Oggi portiamo sulle nostre tavole un pezzetto di Sardegna. I culurgiones, una specialità con denominazione IGP con una lunghissima tradizione alle spalle ed il sapore rustico e ricco delle pietanze locali (detti anche culurgionis ed in vari altri modi a seconda della zona sarda d’origine), dei ravioli di pasta fresca, caratterizzati dalla chiusura a spiga e da una farcitura di patate, formaggio pecorino, menta ed aglio. I culurgiones d’Ogliastra prendono il nome dalla zona d’origine, Ogliastra, vicino Nuoro.

I culurgiones ogliastrini sono, come detto, tradizionalmente ripieni di pecorino, menta ed aglio, tuttavia – a seconda della famiglia e dei gusti – possono essere personalizzati. Talvolta alla menta si preferisce il basilico, il parmigiano al pecorino, la cipolla all’aglio, ecc.

In alcuni casi, addirittura, il ripieno viene proposto solamente con patate e formaggio. La sfoglia destinata ad abbracciare questo ricco ripieno non è la classica pasta all’uovo, bensì una sfoglia realizzata con farina di frumento 00, semola di grano duro, olio ed acqua. Una delizia ricca di gusto che richiede arte e manualità, ma che non manca d’offrire soddisfazioni.

Per questo piatto, davvero unico, consigliamo Bel paese Mix® Mix Pasta Fresca La Veronese®, un tipo di pasta che ben si adatta alla realizzazione dei vostri culurgiones d’Ogliastra, soprattutto perchè è un tipo di pasta specifica per persone intolleranti al glutine, senza latte e con un ridotto contenuto di grassi.

E’ inoltre un impasto realizzato secondo la migliore tradizione della cucina italiana e si sposa perfettamente con piatti dalle spiccate caratteristiche locali e territoriali.

culurgiones d’Ogliastra

Pomodoro, basilico e niente più nei culurgiones d’Ogliastra!

Come abbiamo accennato, i culurgiones d’Ogliastra sono una pietanza tradizionale. Ed altrettanto tradizionale è la salsa d’accompagnamento destinata all’abbinamento con i culurgiones sardi. Secondo i dettami della stringente tradizione sarda, infatti, i culurgiones vanno serviti unicamente con una salsa di pomodoro e basilico.

Talvolta può avvenire, tuttavia, di vedere culurgiones serviti in bianco, ma trattasi di rivisitazioni che non rientrano nello standard imposto dalla tradizione popolare. Se amate la cucina cinese non potrete non notare la somiglianza con i ravioli cinesi, anch’essi riccamente intrecciati a mano, ma ripieni di carne e serviti nel brodo.

L’arte dell’increccio dei culurgiones tradizionali

I ravioli sardi sono motivo d’orgoglio per la Sardegna e l’Italia nella sua totalità perché sono espressione dell’abilità artigianale e culinaria che si tramanda di generazione in generazione.

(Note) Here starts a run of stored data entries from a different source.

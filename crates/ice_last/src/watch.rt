//! What is kept of the records of a journal beside their tests.
ghost use Rattle.std.specs.Prelude.{◌↔◌, IsTrue, IfOk};
ghost use Rattle.ice_journal.specs.Lines.{record_of};
ghost use Rattle.ice_journal.specs.Ranges.{IsRecord};
ghost use Rattle.ice_last.specs.Watching.{IsSessionHead, WatchesOn};

use crate::payments::take_payment;
use ice_frac::Frac;
use ice_journal::{Kind, Line};
use std::alloc::{AllocError, Global};

/// What is kept of the records of a journal.
#[derive(Drop)]
pub(crate) enum Watch {
    /// No record is read.
    Start,
    /// The first record is no head of a session.
    Other,
    /// The first record is one: the payments behind the last cut.
    Session(Vec<Frac>),
}

/// Whether a record is the head of a session.
fn is_session_head(line: &Line) -> bool
    ensures { IsTrue result ↔ IsSessionHead (record_of line.now) }
{
    matches!(
        line,
        Line::Head {
            kind: Kind::Session,
            ..
        }
    )
}

/// Behind the first record.
fn after_first(alloc: Global, line: &Line) -> Watch
    ensures { WatchesOn Watch.Start (record_of line.now) result }
{
    if is_session_head(line) {
        Watch::Session(Vec::new(alloc))
    } else {
        Watch::Other
    }
}

/// Behind one record more of a session.
fn after_more(mut payments: Vec<Frac>, line: &Line) -> Result<Watch, AllocError>
    requires { IsRecord (record_of line.now) }
    ensures { IfOk result (WatchesOn (Watch.Session payments) (record_of line.now)) }
{
    take_payment(&mut payments, line)?;
    Ok(Watch::Session(payments))
}

impl Watch {
    /// What is kept behind one record more.
    pub(crate) fn after(self, alloc: Global, line: &Line) -> Result<Watch, AllocError>
        requires { IsRecord (record_of line.now) }
        ensures { IfOk result (WatchesOn self (record_of line.now)) }
    {
        match self {
            Watch::Start => Ok(after_first(alloc, line)),
            Watch::Other => Ok(Watch::Other),
            Watch::Session(payments) => after_more(payments, line),
        }
    }
}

Queste tradizioni sono parte di un patrimonio immateriale di inestimabile valore che costituisce il bagaglio culturale popolare del nostro Paese e che andrebbe preservato e tramandato il più possibile.

In Sardegna è piuttosto semplice reperire culurgiones nei pastifici, pronti per essere preparati a casa. In altre parti d’Italia, non è altrettanto facile trovarli, quindi sarà nostra cura imparare a prepararli e ad assaporarli! Il caratteristico intreccio a spiga richiede certo una buona dose di manualità, ma non temete! Con qualche tentativo, riuscirete ad ottenere intrecci più che soddisfacenti, onorando un piatto tradizionali così bello da far assaggiare e condividere!

Ed ecco la ricetta dei culurgiones:

Ingredienti per 4/6 persone:

  • 500 gr. di Pasta Fresca Bel paese Mix®
  • 280 gr acqua tiepida
  • 20 gr olio extravergine d’oliva
  • q.b. sale

Per la farcitura:

  • 500 gr. di patate rosse
  • 130 gr. pecorino sardo fresco
  • 4 cucchiai d’olio extravergine d’oliva
  • 1 spicchio d’aglio
  • qualche foglia di menta

Per il condimento:

  • 300 gr. di sugo di pomodoro
  • 150 gr. di pecorino sardo stagionato
  • qualche foglia di basilico

Preparazione:

Lessate le patate in acqua bollente per circa 15 minuti. Appena saranno cotte, liberatele dalla buccia a schiacciatele con lo schiacciapatate. Riponete le patate lesse schiacciate in una coppetta piuttosto capiente.

Lavate, poi, le foglioline di menta e tritatele finemente. Sbucciate, infine, uno spicchio d’aglio e tritatelo. Unite il tutto alle patate, aggiungendo pecorino grattugiato ed olio. Lasciate riposare.

Dedicatevi ora alla sfoglia. In una spianatoia unite farina, acqua, sale e olio. Impastando fino ad ottenere un impasto omogeneo. Con le mani, ricavate una palla d’impasto.

Avvolgete l’impasto nella pellicola e lasciate riposare per circa mezz’ora.

Pesate circa 20 gr. d’impasto e lasciate la restante parte a riposare (procedete così di volta in volta per evitare che il resto si secchi troppo).

Stendente con un mattarello e ricavate una sfoglia sottile, ritagliando dei cerchi con un coppa-pasta o un bicchiere (con un diametro di circa 10 cm.).

Procedete dunque adagiando una cucchiaiata di ripieno al centro dei cerchi di pasta. Chiudete il raviolo di pasta, intrecciando un lato a spiga. Ripetete l’operazione fino a conclusione dell’impasto e del ripieno.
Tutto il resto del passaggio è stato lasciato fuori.